• What you need to do:
From the entries that follow, copy each line containing the word "knows".

═══ Supplied information

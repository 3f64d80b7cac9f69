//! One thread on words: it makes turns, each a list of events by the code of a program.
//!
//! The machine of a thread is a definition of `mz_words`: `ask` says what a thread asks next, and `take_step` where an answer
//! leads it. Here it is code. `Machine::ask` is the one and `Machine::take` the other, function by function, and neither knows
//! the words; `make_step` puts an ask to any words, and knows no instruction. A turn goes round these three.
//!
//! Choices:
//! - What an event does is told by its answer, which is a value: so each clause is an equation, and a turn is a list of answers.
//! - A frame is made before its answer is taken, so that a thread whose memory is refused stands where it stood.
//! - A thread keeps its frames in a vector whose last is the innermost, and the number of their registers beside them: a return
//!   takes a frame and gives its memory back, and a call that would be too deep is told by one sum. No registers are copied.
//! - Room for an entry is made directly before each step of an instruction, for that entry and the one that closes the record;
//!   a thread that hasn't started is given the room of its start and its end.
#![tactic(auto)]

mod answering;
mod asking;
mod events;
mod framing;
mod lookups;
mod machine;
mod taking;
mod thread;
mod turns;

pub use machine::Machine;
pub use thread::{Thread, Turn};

══════

• Task answer:
//! leads it. Here it is code. `Machine::ask` is the one and `Machine::take` the other, function by function, and neither knows
//! the words; `make_step` puts an ask to any words, and knows no instruction. A turn goes round these three.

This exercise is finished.